Search code examples
pythonnumpymachine-learningscikit-learnsupervised-learning

How to implement Cross Validation and Random Forest Classifier given feature sets as dictionaries?


I have got my featuresets as a dictionary containing elements in the form:

({0: 0.48447204968944096, 
  1: 0.035093167701863354, 
  2: 0.07453416149068323, 
  3: 0.046583850931677016, 
  4: 0.0, 
  5: 0.09316770186335403,
  ...
  162: 1, 
  163: 1.0}, 'male')

When I try implementing the cross_val_score or cross_val_predict from the sklearn library, it always results showing some error saying

"float values cannot be dict".

Could someone please help me implementing the cross-validation using Linear SVC and Random-Forest classifier in Python?

I had tried this before:

train_set, test_set = featuresets[1:1628], featuresets[1630:3257]
np.asarray(train_set)
np.asarray(test_set)
clf = SVC(kernel='linear', C=5)
predicted = cross_val_predict(clf, train_set, test_set, cv=10)
metrics.accuracy_score(test_set, predicted)
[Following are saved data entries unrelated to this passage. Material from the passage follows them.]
//! The cheapest plan of a set in the wanted order, where a sort may stand.
ghost use Rattle.std.specs.Prelude.{◌<◌, ◌^◌, IfOk, length};
ghost use Rattle.row_values.specs.Statements.{IsSoundQuery};
ghost use Rattle.plan_trees.specs.Statistics.{IsSoundStats, IsSoundVector};
ghost use Rattle.plan_costs.specs.Cards.{AreCards};
ghost use Rattle.join_optimizer.specs.Found.{AreFound, plan_in};
ghost use Rattle.cost_model.specs.LeastCost.{TakesSort};
ghost use Rattle.join_optimizer.specs.Search.{Offered};

use crate::found::{Cheapest, take_ordered};
use plan_costs::sort_cost_with;
use plan_trees::{Stats, has_wanted, wants_some_order};
use row_values::{OutOfMemory, Query};
use std::alloc::Global;

/// Takes the cheapest plan, sorted, where the wanted order can be seen and no plan that has it costs less.
pub(crate) fn by_sort(
    alloc: Global,
    q: &Query,
    stats: &Stats,
    s: &[u64],
    cards: &[u128],
    set: u8,
    best: Cheapest,
) -> Result<Cheapest, OutOfMemory>
    requires query { IsSoundQuery q.now }
    requires sound { IsSoundStats q.now stats.now }
    requires vector { IsSoundVector q.now stats.now s.now }
    requires cards { AreCards q.now stats.now s.now cards.now }
    requires there { set < 2 ^ length q.now.places }
    requires best { AreFound q.now stats.now s.now set (plan_in best) }
    ensures { IfOk result (λ after. Offered q.now stats.now s.now set
        (TakesSort q.now stats.now s.now set) best after) }
{
    if !wants_some_order(q) {
        return Ok(best);
    }
    if !has_wanted(q, set) {
        return Ok(best);
    }
    let cost = sort_cost_with(q, stats, cards, set, s);
    let Cheapest {
        any,
        sorted: before,
    } = best;
    let sorted = take_ordered(alloc, q, &any, cost, before)?;
    Ok(Cheapest { any, sorted })
}
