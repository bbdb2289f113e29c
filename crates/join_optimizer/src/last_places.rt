//! Plans of a set by the place that comes last: an access of a single place, or a step over a plan of the others.
ghost use Rattle.std.specs.Prelude.{◌≡◌, ◌<◌, ◌+◌, ◌^◌, IfOk, false, length, slice_index_or};
ghost use Rattle.row_values.specs.Statements.{IsSoundQuery};
ghost use Rattle.plan_trees.specs.Lists.{IsAccessOf, IsStepInto};
ghost use Rattle.plan_trees.specs.PlaceSets.{has, one};
ghost use Rattle.plan_trees.specs.Statistics.{IsSoundStats, IsSoundVector};
ghost use Rattle.plan_costs.specs.Cards.{AreCards};
ghost use Rattle.join_optimizer.specs.Found.{AreFound, cost_in, nothing, plan_in, table_of};
ghost use Rattle.cost_model.specs.LeastCost.{TakesPlace};
ghost use Rattle.plan_costs.specs.Least.{AreLeastAccesses, IsLeastAccess};
ghost use Rattle.join_optimizer.specs.Search.{AreCheapest, Offered, TakesAccess, TakesAll, TakesBetween, TakesStep};

use crate::found::{Cheapest, take_access, take_sorted_access, take_step};
use plan_costs::{PricedAccess, access_unit, least_step, step_cost_with};
use plan_trees::{Access, COST_SCALE, Stats, StepKind, accesses, has_place, one_place};
use row_values::{OutOfMemory, Query};
use std::alloc::Global;

/// What was found for the set.
pub(crate) fn cell_at(cells: &[Cheapest], set: u8) -> &Cheapest
    requires { set < length cells.now }
    ensures { result.now ≡ slice_index_or cells.now set nothing }
{
    &cells[usize::from(set)]
}

/// Takes the access of the place, where it is the cheapest so far.
fn offer_access(
    alloc: Global,
    q: &Query,
    stats: &Stats,
    s: &[u64],
    place: u8,
    access: Access,
    best: Cheapest,
) -> Result<Cheapest, OutOfMemory>
    requires query { IsSoundQuery q.now }
    requires sound { IsSoundStats q.now stats.now }
    requires vector { IsSoundVector q.now stats.now s.now }
    requires valid { IsAccessOf q.now stats.now.indexed place access }
    requires best { AreFound q.now stats.now s.now (one place) (plan_in best) }
    ensures { IfOk result (λ after. Offered q.now stats.now s.now (one place)
        (TakesAccess q.now stats.now s.now access) best after) }
{
    let cost = COST_SCALE * access_unit(q, stats, &access, s);
    let any = take_access(alloc, access, cost, best.any)?;
    let sorted = take_sorted_access(alloc, q, access, cost, best.sorted)?;
    Ok(Cheapest { any, sorted })
}

/// The cheapest of the accesses of the place.
fn by_accesses(
    alloc: Global,
    q: &Query,
    stats: &Stats,
    s: &[u64],
    place: u8,
    first: Cheapest,
) -> Result<Cheapest, OutOfMemory>
    requires query { IsSoundQuery q.now }
    requires sound { IsSoundStats q.now stats.now }
    requires vector { IsSoundVector q.now stats.now s.now }
    requires first { AreFound q.now stats.now s.now (one place) (plan_in first) }
    ensures { IfOk result (λ best. Offered q.now stats.now s.now (one place)
        (TakesAll (IsAccessOf q.now stats.now.indexed place) (TakesAccess q.now stats.now s.now))
        first best) }
{
    let list = accesses(alloc, q, stats.indexed(), place)?;
    let mut best = first;
    for access in &list {
        best = offer_access(alloc, q, stats, s, place, *access, best)?;
    }
    Ok(best)
}

/// Takes the step over the outer plans, where it makes the cheapest so far.
fn offer_step(
    alloc: Global,
    q: &Query,
    stats: &Stats,
    s: &[u64],
    cards: &[u128],
    outer: &Cheapest,
    from: u8,
    place: u8,
    step: StepKind,
    best: Cheapest,
) -> Result<Cheapest, OutOfMemory>
    requires query { IsSoundQuery q.now }
    requires sound { IsSoundStats q.now stats.now }
    requires vector { IsSoundVector q.now stats.now s.now }
    requires cards { AreCards q.now stats.now s.now cards.now }
    requires there { from < 2 ^ length q.now.places }
    requires outer { AreFound q.now stats.now s.now from (plan_in outer.now) }
    requires valid { IsStepInto q.now stats.now.indexed from place step }
    requires best { AreFound q.now stats.now s.now (from + one place) (plan_in best) }
    ensures { IfOk result (λ after. Offered q.now stats.now s.now (from + one place)
        (TakesStep q.now stats.now s.now (cost_in outer.now) from step) best after) }
{
    let cost = step_cost_with(q, stats, cards, from, step, s);
    let any = take_step(alloc, &outer.any, step, cost, best.any)?;
    let sorted = take_step(alloc, &outer.sorted, step, cost, best.sorted)?;
    Ok(Cheapest { any, sorted })
}

/// The cheapest of the steps that take in the place over the outer plans, which have the places `from`.
fn by_steps(
    alloc: Global,
    q: &Query,
    stats: &Stats,
    s: &[u64],
    cards: &[u128],
    outer: &Cheapest,
    from: u8,
    place: u8,
    least: PricedAccess,
    first: Cheapest,
) -> Result<Cheapest, OutOfMemory>
    requires query { IsSoundQuery q.now }
    requires sound { IsSoundStats q.now stats.now }
    requires vector { IsSoundVector q.now stats.now s.now }
    requires cards { AreCards q.now stats.now s.now cards.now }
    requires there { from < 2 ^ length q.now.places }
    requires absent { has from place ≡ false }
    requires least { IsLeastAccess q.now stats.now s.now place least }
    requires outer { AreFound q.now stats.now s.now from (plan_in outer.now) }
    requires first { AreFound q.now stats.now s.now (from + one place) (plan_in first) }
    ensures { IfOk result (λ best. Offered q.now stats.now s.now (from + one place)
        (TakesAll (IsStepInto q.now stats.now.indexed from place)
        (TakesStep q.now stats.now s.now (cost_in outer.now) from)) first best) }
{
    let step = least_step(q, stats, s, from, place, least);
    let best = offer_step(alloc, q, stats, s, cards, outer, from, place, step, first)?;
    Ok(best)
}

/// The cheapest of the plans that take in this place last, if it is in the set.
fn by_place(
    alloc: Global,
    q: &Query,
    stats: &Stats,
    s: &[u64],
    cards: &[u128],
    loops: &[PricedAccess],
    cells: &[Cheapest],
    set: u8,
    place: u8,
    first: Cheapest,
) -> Result<Cheapest, OutOfMemory>
    requires query { IsSoundQuery q.now }
    requires sound { IsSoundStats q.now stats.now }
    requires vector { IsSoundVector q.now stats.now s.now }
    requires cards { AreCards q.now stats.now s.now cards.now }
    requires loops { AreLeastAccesses q.now stats.now s.now (length q.now.places) loops.now }
    requires there { set < 2 ^ length q.now.places }
    requires place { place < length q.now.places }
    requires cells { AreCheapest q.now stats.now s.now cells.now set }
    requires first { AreFound q.now stats.now s.now set (plan_in first) }
    ensures { IfOk result (λ best. Offered q.now stats.now s.now set
        (TakesPlace q.now stats.now s.now (table_of cells.now) set place) first best) }
{
    if !has_place(set, place) {
        return Ok(first);
    }
    let from = set - one_place(place);
    if from == 0 {
        let best = by_accesses(alloc, q, stats, s, place, first)?;
        return Ok(best);
    }
    let outer = cell_at(cells, from);
    let least = loops[usize::from(place)];
    let best = by_steps(alloc, q, stats, s, cards, outer, from, place, least, first)?;
    Ok(best)
}

/// The cheapest of the accesses and steps.
pub(crate) fn by_places(
    alloc: Global,
    q: &Query,
    stats: &Stats,
    s: &[u64],
    cards: &[u128],
    loops: &[PricedAccess],
    cells: &[Cheapest],
    set: u8,
) -> Result<Cheapest, OutOfMemory>
    requires query { IsSoundQuery q.now }
    requires sound { IsSoundStats q.now stats.now }
    requires vector { IsSoundVector q.now stats.now s.now }
    requires cards { AreCards q.now stats.now s.now cards.now }
    requires loops { AreLeastAccesses q.now stats.now s.now (length q.now.places) loops.now }
    requires there { set < 2 ^ length q.now.places }
    requires cells { AreCheapest q.now stats.now s.now cells.now set }
    ensures { IfOk result (λ best. Offered q.now stats.now s.now set
        (TakesBetween (TakesPlace q.now stats.now s.now (table_of cells.now) set) 0 (length q.now.places))
        nothing best) }
{
    let mut best = Cheapest {
        any: None,
        sorted: None,
    };
    for place in 0..q.places().len() as u8 {
        best = by_place(alloc, q, stats, s, cards, loops, cells, set, place, best)?;
    }
    Ok(best)
}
Also, I am not getting how to implement the kfold cross-validation here.


Solution

  • Let us first import the necessary modules:

    import numpy as np
    from sklearn.ensemble import RandomForestClassifier
    from sklearn.model_selection import cross_val_score
    

    You have to create an instance of a random forest classifier like this:

    clf = RandomForestClassifier()
    

    Then you need to load featuresets (I don't have this data so I couldn't test my code) and convert your categorical variable into a numerical one, for example through a dictionary:

    featuresets = # your code here
    gender = {'male': 0, 'female': 1}
    

    Next step consists in storing the features and labels as NumPy arrays:

    X = np.asarray([[i[1] for i in sorted(d.items())] for d, _ in featuresets])
    y = np.asarray([gender[s] for _, s in featuresets])
    

    Now you are ready to estimate the accuracy of a random forest classifier on your dataset by splitting the data, fitting a model and computing the score 10 consecutive times (with different splits each time):

    scores = cross_val_score(clf, X, y, cv=10)
    print('Scores =', scores)
    

    If you run the snippets above you should get a list of 10 scores printed.